Frightfest 2020: ‘Spare Parts’ Review
Stars: Julian Richings, Michelle Argyris, Emily Alatalo, Jason Rouse, Kiriana Stanton, Chelsea Muirhead, Ryan Allen, Kathryn Kohut | Written by David Murdoch, Svet Rouskov | Directed by Andrew Thomas Hunt
In a godforsaken bar in the middle of nowhere – an all-girl punk band, Ms. 45, rip the stage apart with their anarchy spirit. Their performance impresses an enthusiastic fan who lures the girls into a trap, sedates them, and starts… customizing them. The four wake up with an axe, drill or chainsaw attached to one arm and are forced to fight gladiator-style, in an arena-style auto-wrecking yard for the amusement of the Emperor and his sadistic townsfolk. The women must now truly band together and use all of their talents if they’re going to get out alive.
There’s been something of a surge in female-led “cult” genre fare – mainly emanating from down under, films like Monstro Del Mar, Murder Drome, Fight Like a Girl (aka Parts Unknown); however now comes Spare Parts… from Canada. Which in 2015 gave us Turbo Kid, a post-apocalyptic horror-come action adventure that, it seems, inspired this slice of gloriously over the top genre fare.
With a heavy slice of body modification horror, Spare Parts feel equally inspired by the work of special effects artist turned director Yoshihiro Nishimura – a man who work includes Meatball Machine, Mutant Girl Squad and Tokyo Gore Police. For its’ those films which Andrew Thomas Hunt’s movie shares it’s madcap nature – revelling in bizarre characters, over the top violence and gore. Spare Parts is also very much akin to those creepy “small town America” horrors where, should strangers dare enter the confines of said small town, they become entangled in strange machinations of the local community; and oftentimes in genre fare end up dead… That is true here too. But of course in this case it’s a small town that holds death match tournaments a la Mad Max Beyond Thunderdome and Gladiator!

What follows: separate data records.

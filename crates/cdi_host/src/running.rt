//! Running bodies.
ghost use Rattle.std.specs.Prelude.{◌≡◌, slice_get, IsOk, IsSome, OnOk, OnErr};
ghost use Rattle.cdi_base.specs.Maps.{at};
ghost use Rattle.cdi_machine.specs.Bodies.{body_at_start, reference_at, with_answer};
ghost use Rattle.cdi_host.specs.Running.{having_proceeded, with_local};

use crate::chain::Chain;
use crate::locals::Locals;
use cdi_base::{Answer, Place, Seq, Value};
use cdi_bodies::{Answers, BodyId, View};
use cdi_store::Reference;
use std::alloc::{AllocError, Global};
use std::marker::Model;

/// A body that is running: on which instance, of which member, under which number, the references of its injected
/// parameters, the interceptors behind it in its chain, what it sees and has looked up, and whether it has proceeded
/// (Jakarta Interceptors 2.1, *InvocationContext*).
pub struct Running {
    instance: u32,
    place: Place,
    body: BodyId,
    references: Seq<Reference>,
    rest: Chain,
    view: View,
    locals: Locals,
    proceeded: bool,
}

/// In one call, so that the proof of each function that owns a running body has one step here, and not one for each of its
/// parts.
impl Drop for Running {
    fn drop(self) {
        let Self {
            instance: _instance,
            place: _place,
            body: _body,
            references: _references,
            rest: _rest,
            view: _view,
            locals: _locals,
            proceeded: _proceeded,
        } = self;
    }
}

impl Model for Running {
    ghost use Rattle.cdi_machine.specs.Programs.{Running as AnyRunning};

    ghost Value = { AnyRunning };

    ghost view = { λ r. record {
      instance = r.instance;
      place = r.place;
      body = r.body;
      references = r.references;
      rest = r.rest;
      view = r.view;
      locals = r.locals;
      proceeded = r.proceeded;
    } };
}

impl Running {
    /// A body at its start: on an instance, of a member, with the values that it takes, the references of its injected
    /// parameters, and the interceptors behind it in its chain.
    pub fn new(
        instance: u32,
        place: Place,
        body: BodyId,
        args: Seq<Value>,
        references: Seq<Reference>,
        rest: Chain,
        alloc: Global,
    ) -> Running
        ensures { result ≡ body_at_start instance place body args references rest }
    {
        Running {
            instance,
            place,
            body,
            references,
            rest,
            view: View {
                args,
                answers: Answers::empty(alloc),
            },
            locals: Locals::new(alloc),
            proceeded: false,
        }
    }

    /// The number of the instance that it runs on.
    pub fn instance(&self) -> u32
        ensures { result ≡ self.now.instance }
    {
        self.instance
    }

    /// The member that it is of.
    pub fn place(&self) -> Place
        ensures { result ≡ self.now.place }
    {
        self.place
    }

    /// Its number among the bodies.
    pub fn body(&self) -> BodyId
        ensures { result ≡ self.now.body }
    {
        self.body
    }

    /// The references of its injected parameters, in order.
    pub fn references(&self) -> &[Reference]
        ensures { result.now ≡ self.now.references }
    {
        self.references.as_slice()
    }

    /// The interceptors behind it in its chain, in order.
    pub fn rest(&self) -> &Chain
        ensures { result.now ≡ self.now.rest }
    {
        &self.rest
    }

    /// What it sees: the values that it was started with, and the answers to its acts so far.
    pub fn view(&self) -> &View
        ensures { result.now ≡ self.now.view }
    {
        &self.view
    }

    /// Whether it has proceeded.
    pub fn has_proceeded(&self) -> bool
        ensures { result ≡ self.now.proceeded }
    {
        self.proceeded
    }

    /// The reference of an injected parameter, counted from 0; empty if there is none.
    pub fn reference_of_parameter(&self, parameter: u32) -> Reference
        ensures { result ≡ reference_at (slice_get self.now.references parameter) }
    {
        match self.references.get(parameter as usize) {
            Some(reference) => *reference,
            None => Reference::Empty,
        }
    }

    /// What a lookup has found (Jakarta CDI 4.0, *Programmatic lookup*); empty if it has found nothing yet.
    pub fn local(&self, lookup: u32) -> Reference
        ensures { result ≡ reference_at (at self.now.locals lookup) }
    {
        match self.locals.get(lookup) {
            Some(reference) => reference,
            None => Reference::Empty,
        }
    }

    /// Its last act has been answered. On an error nothing changes.
    pub fn answer(&mut self, answer: Answer) -> Result<(), AllocError>
        ensures ok { OnOk result (self.new ≡ with_answer self.old answer) }
        ensures err { OnErr result (self.new ≡ self.old) }
    {
        self.view.answers.push(answer)
    }

    /// A lookup has found a reference (Jakarta CDI 4.0, *Programmatic lookup*). Only for one that had found nothing yet
    /// memory can be wanting. On an error nothing changes.
    pub fn found(&mut self, lookup: u32, reference: Reference) -> Result<(), AllocError>
        ensures ok { OnOk result (self.new ≡ with_local lookup reference self.old) }
        ensures err { OnErr result (self.new ≡ self.old) }
        ensures there { IsSome (at self.old.locals lookup) → IsOk result }
    {
        self.locals.put(lookup, reference)
    }

    /// It goes on with the rest of its chain (Jakarta Interceptors 2.1, *InvocationContext*).
    pub fn proceeds(&mut self)
        ensures { self.new ≡ having_proceeded self.old }
    {
        self.proceeded = true;
    }
}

Yes Spare Parts has an insane concept and some even crazier visuals – hands replaced by swords and chainsaws, even an axe hand that also shoots rivets – but for all that the story isn’t that crazy. In fact the story has an underlying element of social commentary. Our four leads, as a band and as the participants in gladiatorial combat, are seen mainly as objects – objects of adoration as a band and little more than objects to play with in the sick twisted minds of those who run the death matches. But these woman are more than that. Yes, they have internal conflicts, with themselves and each other, conflict that – thankfully – is NOT their downfall, they overcome their issues to fight back against their captors. It’s very much a women versus men story.

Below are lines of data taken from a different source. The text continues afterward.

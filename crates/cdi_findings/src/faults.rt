//! The faults of bytes that can't be read, in words.
ghost use Rattle.std.specs.Prelude.{◌≡◌, string_bytes, IfOk};
ghost use Rattle.cdi_prepare.specs.Ready.{readied_in};
ghost use Rattle.cdi_findings.specs.Faults as spec;

use cdi_base::OrMemory;
use cdi_prepare::prepare;
use std::alloc::{AllocError, Global};
use std::str;

/// The text of a line, without its line feed.
fn line_text(line: &[u8]) -> &str
    ensures { result.now ≡ spec.line_text line.now }
{
    let (text, _line_feed) = line.split_at(line.len().saturating_sub(1));
    match str::from_utf8(text) {
        Ok(text) => text,
        Err(_) => "",
    }
}

/// The line of standard output that tells why bytes can't be read, without its line feed; nothing if they can. The one error is
/// [`AllocError`], if a growth was refused.
pub fn fault_name(alloc: Global, bytes: &[u8]) -> Result<String, AllocError>
    ensures { IfOk result
        (λ name. string_bytes name ≡ spec.fault_name (readied_in bytes.now)) }
{
    match prepare(alloc, bytes) {
        Ok(_) => Ok(String::new(alloc)),
        Err(OrMemory::Fault(line)) => String::from_str(alloc, line_text(line.as_slice())),
        Err(OrMemory::Memory) => Err(AllocError),
    }
}

/// Why bytes with this fault can't be read, where there is no hint.
pub fn unhinted_text(name: &str) -> &'static str
    ensures { result.now ≡ spec.unhinted_text name.now }
{
    if name == "TooLong" {
        return "a deployment has at most 1,048,576 bytes";
    }
    if name == "TooMany" {
        return "a deployment has at most 1,048,576 names";
    }
    "a script has at most 256 steps, and at most 1,048,576 names with its deployment"
}
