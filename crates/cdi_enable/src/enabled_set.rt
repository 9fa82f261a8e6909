//! The enabled ones of the beans of a bean list.
ghost use Rattle.std.specs.Prelude.{◌≡◌, ◌↔◌, IsTrue, IfOk};
ghost use Rattle.cdi_enable.specs.Enabled.{IsForest};
ghost use Rattle.cdi_enable.specs.Enablement as spec;

use crate::class_places::ClassPlaces;
use crate::enabled_managed::EnabledManaged;
use crate::listed_bean::ListedBean;
use crate::managed_beans::{listed_beans, managed_beans, managed_classes};
use cdi_base::{Name, Seq};
use cdi_beans::BeanList;
use std::alloc::{AllocError, Global};
use std::marker::Model;

/// The enabled ones of the beans of a bean list (Jakarta CDI 4.0, *Enabled and disabled beans*). Contracts see what of the list
/// decides which they are.
///
/// For m managed beans among n, and s names in the list of the selected ones, it is made in time in proportion to n + m s + m³ / 64;
/// asking whether a bean is enabled takes constant time.
pub struct EnabledSet {
    classes: ClassPlaces,
    managed: EnabledManaged,
    beans: Seq<ListedBean>,
}

/// In one call, so that the proof of each function that owns such a set has one step here, and not one for each of its parts.
impl Drop for EnabledSet {
    fn drop(self) {
        let Self {
            classes: _classes,
            managed: _managed,
            beans: _beans,
        } = self;
    }
}

impl Model for EnabledSet {
    ghost use Rattle.cdi_enable.specs.Enablement.{Enablement};

    ghost Value = { Enablement };

    ghost view = { λ s. record { classes = s.classes; managed = s.managed; beans = s.beans } };
}

/// The enabled ones of the beans of a list, no managed bean of which specializes itself, directly or through others.
pub fn enabled(alloc: Global, list: &BeanList) -> Result<EnabledSet, AllocError>
    requires { IsForest (spec.enablement_of list.now).managed }
    ensures { IfOk result (λ set. set ≡ spec.enablement_of list.now) }
{
    let beans = list.beans.as_slice();
    let classes = ClassPlaces::build(alloc, managed_classes(alloc, beans)?)?;
    let managed = managed_beans(alloc, beans, &classes, list.selected.as_slice())?;
    Ok(EnabledSet {
        classes,
        managed: EnabledManaged::build(alloc, managed)?,
        beans: listed_beans(alloc, beans)?,
    })
}

impl EnabledSet {
    /// Whether a bean of the list is enabled, by its index. A managed bean is if no enabled bean specializes it, directly or through
    /// others, and it is no alternative or a selected one; a product is if the managed bean of the class that declares it is. There is
    /// none past the last.
    pub fn contains(&self, bean: usize) -> bool
        ensures { spec.IsEnabled self.now bean result }
    {
        match self.beans.get(bean) {
            Some(bean) => self.contains_class(bean.class),
            None => false,
        }
    }

    /// Whether the managed bean of a class is enabled. A class without one has none that is.
    pub fn contains_class(&self, class: Name) -> bool
        ensures { spec.IsEnabledClass self.now class result }
    {
        match self.classes.bean_of(class) {
            Some(bean) => self.managed.contains(bean),
            None => false,
        }
    }

    /// Whether two enabled beans specialize the managed bean of a class (Jakarta CDI 4.0, *Inconsistent specialization*). A class
    /// without one never is so.
    pub fn inconsistent_class(&self, class: Name) -> bool
        ensures { IsTrue result
            ↔ spec.IsInconsistentBean self.now (spec.bean_of_class self.now.classes class) }
    {
        match self.classes.bean_of(class) {
            Some(bean) => self.managed.inconsistent(bean),
            None => false,
        }
    }

    /// A bean of the list by its index among the managed beans, if it is one.
    fn managed_index(&self, bean: &ListedBean) -> Option<usize>
        ensures { result ≡ spec.managed_index self.now.classes bean.now }
    {
        if !bean.is_managed {
            return None;
        }
        self.classes.bean_of(bean.class)
    }

    /// Whether two enabled beans specialize a managed bean, which is told by its index in the list (Jakarta CDI 4.0, *Inconsistent
    /// specialization*). Of a product, and past the last bean, it never is so. It goes through the managed beans.
    pub fn inconsistent(&self, bean: usize) -> bool
        ensures { IsTrue result ↔ spec.IsInconsistent self.now bean }
    {
        let Some(listed) = self.beans.get(bean) else {
            return false;
        };
        match self.managed_index(listed) {
            Some(managed) => self.managed.inconsistent(managed),
            None => false,
        }
    }

    /// For each bean of the list, in order, whether it is enabled.
    pub fn flags(&self, alloc: Global) -> Result<Seq<bool>, AllocError>
        ensures { IfOk result (spec.AreFlags self.now) }
    {
        let mut flags = Seq::empty(alloc);
        for bean in self.beans.as_slice() {
            flags.push(self.contains_class(bean.class))?;
        }
        Ok(flags)
    }
}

The males dominate the scrap yard where the women are held and made to fight but that doesn’t mean the women are subservient. Their battle for supremacy over their captors feeling very much like a reflection of the struggles of feminism – at first they try to do what they feel to be right to try and get free. But the women eventually have to become as vicious and unkind as the men to even stay alive – not only saying women have to become more like men to get on in life, but also as if pointing out that we, as society, have to fight back. Fight back against our oppressors, here portrayed by Julian Richings’ mad Caesar-like dictator, and take their place to ever even think of making societal change – with a downbeat epilogue that suggests the more things change the more they stay the same…
A brilliant balance between b-movie and political commentary, Spare Parts is much more than it’s “cult movie” tropes would suggest. If you like your genre films with both style and substance this is one for you!
**** 4/5
Spare Parts screened on Friday October 23rd as part of this months Frighfest Digital Edition.